Den von einigen Experten erwarteten und beschrieenen Umbruch schließt Sammer daher für den Sommer aus. "Einen solch großen Schnitt gab es beim FC Bayern 1990 nach der Weltmeisterschaft. Der ging ziemlich in die Hose", erinnert das Vorstandsmitglied an den daraus resultierenden Absturz auf Platz 10 in der Spielzeit 1991/92. "Wir werden keine bestehenden Hierarchien zerstören, das wäre kontraproduktiv. Unser Mannschaftsgefüge hat sich bewiesen", führt Sammer aus. "Es besteht keine Notwendigkeit, die Nerven zu verlieren."

Stattdessen heißt es eben Reizpunkte setzen. Die will Sammer. Reizpunkte setzen und Alibis nehmen. Zu sehr wurmte ihn auch das Auftreten und die Nachlässigkeiten im Saisonschlussspurt, die bei der Konkurrenz für Verärgerung sorgten. "Es konnte sich ein wenig hinter dem Trainer versteckt werden, denn es gab die öffentlichen Diskussionen um ihn, einen Umbruch und die Altersstruktur", sagt Sammer. Dies sei aber mit der kommenden Saison ein für alle Mal beendet. "Auch von mir gab es zuletzt einen gewissen Schutzmantel für die Mannschaft. Den wird es in der neuen Saison nicht geben. Es gibt keinen Spielraum mehr für eventuelle Entschuldigungen."

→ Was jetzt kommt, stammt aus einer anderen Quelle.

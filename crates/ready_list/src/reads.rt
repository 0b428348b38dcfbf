// What is read.

ghost use Rattle.std.specs.Prelude.{◌≡◌, ◌<◌, ℕ, true, false, [], replicate, slice_get, slice_index, slice_index_or, Some, MatchOption};
ghost use Rattle.links.specs.Chain.{times, list_at, forward_lists};
ghost use Rattle.ready_list.specs.Lists.{IsConsistent};

use crate::ReadyList;
use crate::steps::head_node;
use arrayvec::ArrayVec;
use kern_base::{Prio, TaskId};
use links::Links;

impl<L: Links> ReadyList<L> {
    /// Does nothing. Its contract is what holds of all ready lists, also where a pair is half done: a
    /// task stands at most once in the lists of a direction, and the successors are those of the lists.
    pub fn consistent(&self)
        ensures { IsConsistent self.now }
    {
        let _ = &self.links;
    }

    /// The first task of a priority's list. None exactly where the list is empty.
    pub fn head(&self, prio: Prio) -> Option<TaskId>
        requires { prio.0 < 64 }
        ensures { MatchOption result (list_at self.now.forward prio.0 ≡ []) (λ task. (task.0 < 64) × (slice_get (list_at self.now.forward prio.0) 0 ≡ Some task.0) × (0 < times task.0 (list_at self.now.forward prio.0))) }
    {
        let first = self.links.next(head_node(prio));
        if first < 64 {
            Some(TaskId(first as u8))
        } else {
            None
        }
    }

    /// The least priority of the set. None exactly where the set is empty.
    pub fn highest(&self) -> Option<Prio>
        ensures { MatchOption result (self.now.marked ≡ replicate 64 false) (λ prio. (prio.0 < 64) × (slice_index_or self.now.marked prio.0 false ≡ true) × ((q : ℕ) → q < prio.0 → slice_index_or self.now.marked q false ≡ false)) }
    {
        match self.marks.highest() {
            Some(number) => Some(Prio(number)),
            None => None,
        }
    }

    /// The forward successor of a node: 0 to 63 are the tasks, then come the heads of the priorities.
    pub fn successor(&self, node: u16) -> u16
        requires { node < 128 }
        ensures node { result ≡ slice_index self.now.nexts node }
        ensures below { result < 128 }
    {
        self.links.next(node)
    }

    /// The backward successor of a node, which is the node before it where no pair is half done.
    pub fn predecessor(&self, node: u16) -> u16
        requires { node < 128 }
        ensures node { result ≡ slice_index self.now.prevs node }
        ensures below { result < 128 }
    {
        self.links.prev(node)
    }

    /// The forward successor of each node.
    pub fn successors(&self, out: &mut [u16; 128])
        ensures nexts { out.new ≡ self.now.nexts }
        ensures lists { forward_lists 64 64 out.new ≡ self.now.forward }
    {
        for node in 0..128u16 {
            out[node as usize] = self.links.next(node);
        }
    }

    /// The forward list of a priority, from its head on.
    pub fn forward(&self, prio: Prio, out: &mut ArrayVec<u8, 64>)
        requires number { prio.0 < 64 }
        requires empty { out.old.items ≡ [] }
        ensures { out.new.items ≡ list_at self.now.forward prio.0 }
    {
        let head = head_node(prio);
        let mut node = self.links.next(head);
        while node != head {
            out.push(node as u8);
            node = self.links.next(node);
        }
    }

    /// The backward list of a priority. Its chain is read from the tail.
    pub fn backward(&self, prio: Prio, out: &mut ArrayVec<u8, 64>)
        requires number { prio.0 < 64 }
        requires empty { out.old.items ≡ [] }
        ensures { out.new.items ≡ list_at self.now.back prio.0 }
    {
        let head = head_node(prio);
        let mut node = self.links.prev(head);
        while node != head {
            out.push(node as u8);
            node = self.links.prev(node);
        }
        out.as_mut_slice().reverse();
    }
}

Der Saison nach der WM mit der 25. deutschen Meisterschaft und den Halbfinal-Teilnahmen im DFB-Pokal und in der Champions League gab Sammer eine "2+" als Zensur, wünscht sich aber künftig ein dominanteres Bayern-Team. "In der neuen Saison hat die Mannschaft andere Voraussetzungen: kein Turnier und ausreichend Urlaub. Wir müssen sie mehr in die Pflicht nehmen und in den Mittelpunkt stellen. Sie muss ihre Ausstrahlung, ihre Dominanz wieder stärker darstellen, die Spieler können mehr Verantwortung übernehmen", sagt Sammer. "Mit den Ideen des Trainers. Auf dem Feld aber muss die Mannschaft selbst Entscheidungen treffen können."